Masyarakat sipil dan gabungan lembaga seperti Walhi, Greenpeace Indonesia, JPIC Kalimantan, Pantau Gambut, dan lembaga terkait lainya berkoalisi untuk menyatakan sikap tolak proyek food estate. Lembaga-lembaga ini menjadi software atau komponen bergerak yang dapat memberi input untuk keberlangsungan dan keberlanjutan lumbung pangan. Di sisi lain, pelibatan petani lokal dapat mengembalikan kepercayaan masyarakat terhadap program pemerintah. Masyarakat ini harus dilibatkan sebagai bagian dari ‘Orgware’ untuk rekayasa sosial atau gerakan dalam mempengaruhi perubahan sosial.

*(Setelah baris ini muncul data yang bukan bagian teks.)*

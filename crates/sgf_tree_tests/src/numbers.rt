//! Values that are numbers, and values that aren't.

use sgf_tree::number;

#[test]
fn reads_numbers(rt: HostRuntime) {
    const NUMBERS: [(&str, Option<i64>); 10] = [
        ("+7", Some(7)),
        ("-0", Some(0)),
        ("-12", Some(-12)),
        ("007", Some(7)),
        ("999999999999999999", Some(999_999_999_999_999_999)),
        ("1000000000000000000", None),
        ("+", None),
        ("", None),
        ("19:19", None),
        ("1 ", None),
    ];
    for &(raw, want) in &NUMBERS {
        assert!(rt; number(raw.as_bytes()) == want, "of {raw:?}");
    }
}
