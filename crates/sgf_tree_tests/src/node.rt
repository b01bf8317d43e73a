//! Which nodes `NodeRef::front` and `SequenceNodes::next` recognize (no clause says that), and how the sgf form writes a node.

use sgf_tree::{Collection, NextNode, NodeRef, Outline, Properties, read};
use std::alloc::Global;
use std::process::Abort;

/// Whether `front` returns the first property, how many properties are left after it, and what the sgf form writes for the node.
type Look = (bool, usize, &'static str);

/// How many properties are left.
fn count(left: Properties<'_, '_>) -> usize {
    let mut count = 0usize;
    for _property in left {
        count = count.saturating_add(1);
    }
    count
}

/// Whether the text's first node is as wanted.
fn gives(alloc: Global, text: &str, want: Look) -> bool {
    match read(alloc, text.as_bytes()) {
        Ok(collection) => collection.nodes() > 0 && looks(alloc, &collection.node(0), want),
        Err(_) => false,
    }
}

/// Whether the node is as wanted.
fn looks(alloc: Global, node: &NodeRef<'_, '_>, want: Look) -> bool {
    let (told, left) = node.front();
    told.is_some() == want.0 && count(left) == want.1 && writes(alloc, node, want.2)
}

/// Whether the sgf form writes this for the node.
fn writes(alloc: Global, node: &NodeRef<'_, '_>, want: &str) -> bool {
    let mut text = Vec::new(alloc);
    node.push_to(&mut text).is_ok() && text.as_slice() == want.as_bytes()
}

/// Texts whose first node has a recognized move alone, and what the sgf form writes for it.
const MOVES_ALONE: [(&str, &str); 4] = [
    ("(;B[pd])", ";B[pd]"),
    ("(;B[pd];)", ";B[pd]"),
    ("(;B[pd] \n;)", ";B[pd]"),
    ("(;W[[:](;))", ";W[[:]"),
];

/// Texts whose first node has a recognized move and one more property, and what the sgf form writes for it.
const MOVES_BEFORE_ONE: [(&str, &str); 5] = [
    ("(;B[pd]BL[60])", ";B[pd]BL[60]"),
    ("(;B[pd]Cc [x])", ";B[pd]C[x]"),
    ("(;B[pd]C[x])", ";B[pd]C[x]"),
    ("(;B[pd] C[x])", ";B[pd]C[x]"),
    ("(;B[aa]AB[a] [b])", ";B[aa]AB[a][b]"),
];

/// Texts whose first node has a recognized move and two more properties, and what the sgf form writes for it.
const MOVES_BEFORE_TWO: [(&str, &str); 2] = [
    ("(;W[[:]C[x]C[y];)", ";W[[:]C[x]C[y]"),
    ("(;B[aa]C[x\\]][y] W[bb])", ";B[aa]C[x\\]][y]W[bb]"),
];

/// Texts whose first node has one property, not recognized, and what the sgf form writes for it.
const OTHERS: [(&str, &str); 10] = [
    ("(;B[pd][dp])", ";B[pd][dp]"),
    ("(;B[pd] [dp])", ";B[pd][dp]"),
    ("(;B[])", ";B[]"),
    ("(;B[p])", ";B[p]"),
    ("(;B[pdq])", ";B[pdq]"),
    ("(;B[\\d])", ";B[\\d]"),
    ("(;B[p\\]])", ";B[p\\]]"),
    ("(;AB[pd])", ";AB[pd]"),
    ("(; B[pd])", ";B[pd]"),
    ("(;B [pd])", ";B[pd]"),
];

/// Texts whose first node has two properties, the first not recognized, and what the sgf form writes for it.
const OTHER_PAIRS: [(&str, &str); 7] = [
    ("(;B[pd][dp]C[x])", ";B[pd][dp]C[x]"),
    ("(;B[pdq]C[x])", ";B[pdq]C[x]"),
    ("(;B[\\d]C[x])", ";B[\\d]C[x]"),
    ("(;AB[pd]C[x])", ";AB[pd]C[x]"),
    ("(; B[pd]C[x])", ";B[pd]C[x]"),
    ("(;GaMe[1]B[aa])", ";GM[1]B[aa]"),
    ("(;\nB[aa]PL[W]\n)", ";B[aa]PL[W]"),
];

/// For the first node of each text, `front` must return a property if `told` is true, and leave so many.
fn look_so(
    rt: &impl Abort,
    alloc: Global,
    nodes: &[(&'static str, &'static str)],
    told: bool,
    left: usize,
) {
    for &(text, form) in nodes {
        assert!(rt; gives(alloc, text, (told, left, form)), "of {text:?}");
    }
}

#[test]
fn nodes_at_a_glance(rt: HostRuntime) {
    look_so(&rt, rt.alloc(), &MOVES_ALONE, true, 0);
    look_so(&rt, rt.alloc(), &MOVES_BEFORE_ONE, true, 1);
    look_so(&rt, rt.alloc(), &MOVES_BEFORE_TWO, true, 2);
    look_so(&rt, rt.alloc(), &OTHERS, false, 1);
    look_so(&rt, rt.alloc(), &OTHER_PAIRS, false, 2);
    look_so(&rt, rt.alloc(), &[("(;)", ";")], false, 0);
}

/// The number of the root's properties, the number of their values, and the number of bytes of these values.
fn sizes(collection: &Collection<'_>) -> (usize, usize, usize) {
    let mut values = 0usize;
    let mut bytes = 0usize;
    if collection.nodes() == 0 {
        return (0, 0, 0);
    }
    let root = collection.node(0);
    for property in root.iter() {
        values = values.saturating_add(property.values());
        for value in property.iter() {
            bytes = bytes.saturating_add(value.len());
        }
    }
    (root.props(), values, bytes)
}

#[test]
fn properties_one_after_another(rt: HostRuntime) {
    let read = read(rt.alloc(), b"(;GM[1]AB[aa] [bb]\n[cc:dd]C[x\\]];B[ee])");
    assert!(rt;
        match read {
            Ok(collection) => sizes(&collection) == (3, 5, 13),
            Err(_) => false,
        }
    );
}

/// How a node should come.
#[derive(Clone, Copy)]
enum Comes<'w> {
    /// As recognized, with the same property as from `front`. The names of the other properties follow, each of two letters.
    Led(&'w str),
    /// As one without properties, at the first place.
    Empty,
    /// As unread, with the same property as from `front`.
    Unread,
}

/// Whether the text's first node comes as wanted.
fn first_comes(alloc: Global, text: &str, names: &[[u8; 2]], want: Comes<'_>) -> bool {
    match read(alloc, text.as_bytes()) {
        Ok(collection) => next_is(collection.outline(), names, want),
        Err(_) => false,
    }
}

/// Whether the first node of an outline comes so.
fn next_is(outline: &Outline<'_>, names: &[[u8; 2]], want: Comes<'_>) -> bool {
    if outline.sequences() == 0 {
        return false;
    }
    let (told, mut left) = outline.first_node(0).front();
    match (want, outline.sequence_nodes(0).next(names)) {
        (Comes::Led(others), Some(NextNode::Led { letter, value, .. })) => {
            told == Some((letter, value)) && are_named(&mut left, others.as_bytes())
        }
        (Comes::Empty, Some(NextNode::Empty { place })) => place == 1,
        (Comes::Unread, Some(NextNode::Unread { front, .. })) => front == told,
        _ => false,
    }
}

/// Whether the properties that are left have these names of two letters.
fn are_named(left: &mut Properties<'_, '_>, names: &[u8]) -> bool {
    for name in names.chunks(2) {
        let is_next = match left.next() {
            Some(property) => property.is(name),
            None => false,
        };
        if !is_next {
            return false;
        }
    }
    left.next().is_none()
}

/// The names of the properties that setups have.
const SETUP: [[u8; 2]; 4] = [*b"AB", *b"AW", *b"AE", *b"PL"];

/// Texts whose first node comes as recognized, and the names of its properties after the first.
const LED: [(&str, &str); 15] = [
    // a move alone, and what isn't a move of two bytes
    ("(;B[pd];C[0123456789])", ""),
    ("(;W[[:](;C[0123456789]))", ""),
    ("(;C[ab])(;C[0123456789])", ""),
    ("(;Z[  ];C[01234])", ""),
    // other properties
    ("(;B[pd]BL[921.325];C[012345678901234567])", "BL"),
    ("(;W[dp]WL[30]OW[3];C[012345678901234567])", "WLOW"),
    ("(;C[ab]TE[1](;C[012345678901234567]))", "TE"),
    ("(;B[pd]BL[])(;C[012345678901234567])", "BL"),
    // each of the names, and names like them
    ("(;B[pd]AR[aa:bb];C[012345678901234567])", "AR"),
    ("(;B[pd]BA[1]LP[2]PB[3];C[012345678901234567])", "BALPPB"),
    // the length of the value, and a backslash in it
    ("(;B[pd]BL[012345678901];C[012345678901234567])", "BL"),
    // further values, and white space
    ("(;B[pd] \n;C[012345678901234567])", ""),
    ("(;B[pd]BL[1]\r\n;C[012345678901234567])", "BL"),
    // the end of the text
    ("(;B[pd]BL[1];C[0123456])", "BL"),
    ("(;B[pd] ;C[0123])", ""),
];

/// Texts whose first node comes as unread.
const UNREAD: [&str; 35] = [
    // a move alone, and what isn't a move of two bytes
    "(;Z[  ];C[0123])",
    "(;B[pd][dp];C[012345678901234567])",
    "(;B[];C[012345678901234567])",
    "(;B[p];C[012345678901234567])",
    "(;B[p\\]];C[012345678901234567])",
    "(;B[\\d];C[012345678901234567])",
    "(; B[pd];C[012345678901234567])",
    "(;AB[pd];C[012345678901234567])",
    // other properties
    "(;B[pd]C[x];C[012345678901234567])",
    "(;B[pd]V[1];C[012345678901234567])",
    "(;B[pd]BLX[1];C[012345678901234567])",
    "(;B[pd]Bl[1];C[012345678901234567])",
    "(;B[pd]BLx[1];C[012345678901234567])",
    // each of the names, and names like them
    "(;B[pd]AB[aa];C[012345678901234567])",
    "(;B[pd]AW[aa];C[012345678901234567])",
    "(;B[pd]AE[aa];C[012345678901234567])",
    "(;B[pd]PL[W];C[012345678901234567])",
    "(;B[pd]BL[1]WL[2]AE[aa];C[012345678901234567])",
    // the length of the value, and a backslash in it
    "(;B[pd]BL[0123456789012];C[012345678901234567])",
    "(;B[pd]BL[\\1];C[012345678901234567])",
    "(;B[pd]BL[1\\\\2];C[012345678901234567])",
    "(;B[pd]BL[\\\\];C[012345678901234567])",
    "(;B[pd]BL[1\\\\];C[012345678901234567])",
    "(;B[pd]BL[1\\]2];C[012345678901234567])",
    "(;B[pd]BL[1\\]];C[012345678901234567])",
    // further values, and white space
    "(;B[pd]BL[1][2];C[012345678901234567])",
    "(;B[pd]BL[1] [2];C[012345678901234567])",
    "(;B[pd]BL[1]WL[2][3];C[012345678901234567])",
    "(;B[pd] BL[1];C[012345678901234567])",
    "(;B[pd]BL [1];C[012345678901234567])",
    "(;B[pd]BL[1] WL[2];C[012345678901234567])",
    // the end of the text
    "(;B[pd]BL[1];C[012345])",
    "(;B[pd] ;C[012])",
    "(;B[pd]BL[1])",
    "(;B[pd])",
];

#[test]
fn first_nodes(rt: HostRuntime) {
    for &(text, names) in &LED {
        assert!(rt;
            first_comes(rt.alloc(), text, &SETUP, Comes::Led(names)),
            "of {text:?}"
        );
    }
    for &text in &UNREAD {
        assert!(rt;
            first_comes(rt.alloc(), text, &SETUP, Comes::Unread),
            "of {text:?}"
        );
    }
}

#[test]
fn nodes_beside_other_names_or_without_properties(rt: HostRuntime) {
    let setup = "(;B[pd]AB[aa]PL[W];C[012345678901234567])";
    assert!(rt; first_comes(rt.alloc(), setup, &[], Comes::Led("ABPL")));
    assert!(rt; first_comes(rt.alloc(), setup, &[*b"AW"], Comes::Led("ABPL")));
    assert!(rt; first_comes(rt.alloc(), setup, &[*b"AW", *b"PL"], Comes::Unread));
    assert!(rt; first_comes(rt.alloc(), "(;;B[pd])", &[], Comes::Empty));
    assert!(rt; first_comes(rt.alloc(), "(;(;B[pd]))", &[], Comes::Empty));
    assert!(rt; first_comes(rt.alloc(), "(; ;B[pd])", &[], Comes::Unread));
}
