//! The name of a property has the capitals of the written identifier. A value
//! is a part of the text, and lives as long as the text does.

use sgf_tree::{Collection, NodeRef, read};
use std::alloc::Global;

/// Whether the first property of the text's first node has this name, and none of the others.
fn gives(alloc: Global, text: &str, name: &str, others: &[&str]) -> bool {
    match read(alloc, text.as_bytes()) {
        Ok(collection) => { collection.nodes() > 0 && has_first(&collection.node(0), name, others) }
        Err(_) => false,
    }
}

/// Whether the first property of a node has this name, and no property has one of the others.
fn has_first(node: &NodeRef<'_, '_>, name: &str, others: &[&str]) -> bool {
    for other in others {
        if node.first(other.as_bytes()).is_some() {
            return false;
        }
    }
    node.props() > 0 && node.prop(0).is(name.as_bytes())
}

/// Texts, the name of the first property of the first node, and three names that none of this node's properties has.
const NAMES: [[&str; 5]; 5] = [
    ["(;B[aa])", "B", "", "W", "BB"],
    ["(;BL[9])", "BL", "B", "L", "LB"],
    ["(;Bl[9])", "B", "BL", "Bl", "l"],
    ["(;GaMe[1])", "GM", "G", "GaMe", "GMX"],
    ["(;KGS[9])", "KGS", "KG", "K", "KGSX"],
];

#[test]
fn names(rt: HostRuntime) {
    for row in &NAMES {
        let text = row[0];
        assert!(rt; gives(rt.alloc(), text, row[1], &row[2..]), "of {text:?}");
    }
}

/// The first value of the root's property with that name. The value outlives the collection, because it is a part of the text.
fn value_of<'a>(alloc: Global, text: &'a [u8], name: &[u8]) -> Option<&'a [u8]> {
    match read(alloc, text) {
        Ok(collection) => value_in(&collection, name),
        Err(_) => None,
    }
}

/// The first value of the root's property with that name.
fn value_in<'a>(collection: &Collection<'a>, name: &[u8]) -> Option<&'a [u8]> {
    if collection.nodes() == 0 {
        return None;
    }
    let property = collection.node(0).first(name)?;
    Some(property.value(0))
}

#[test]
fn values_outlive_their_collection(rt: HostRuntime) {
    let text = b"(;GM[1]C[kept];B[aa])";
    let comment = value_of(rt.alloc(), text, b"C");
    assert!(rt; comment == Some(b"kept".as_slice()));
}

Begitupun penurunan panen harus dievaluasi oleh pihak-pihak terkait dan dicarikan solusinya untuk diterapkan pada periode tanam berikutnya, dengan menimbang faktor-faktor lokal ini. Mungkin dengan meningkatkan produksi per hektarnya, ketimbang memaksakan panen setahun tiga kali. Bagaimanapun, prinsip food estate untuk reformasi pangan adalah sebuah inisiasi baik yang harus terus kita kawal agar tidak terulang kegagalan seperti pendahulunya. Selama pemerintah bisa merespon bibit-bibit kegagalan yang ada di depan mata, belumlah terlambat untuk menjadikan food estate sebagai harapan reformasi pangan.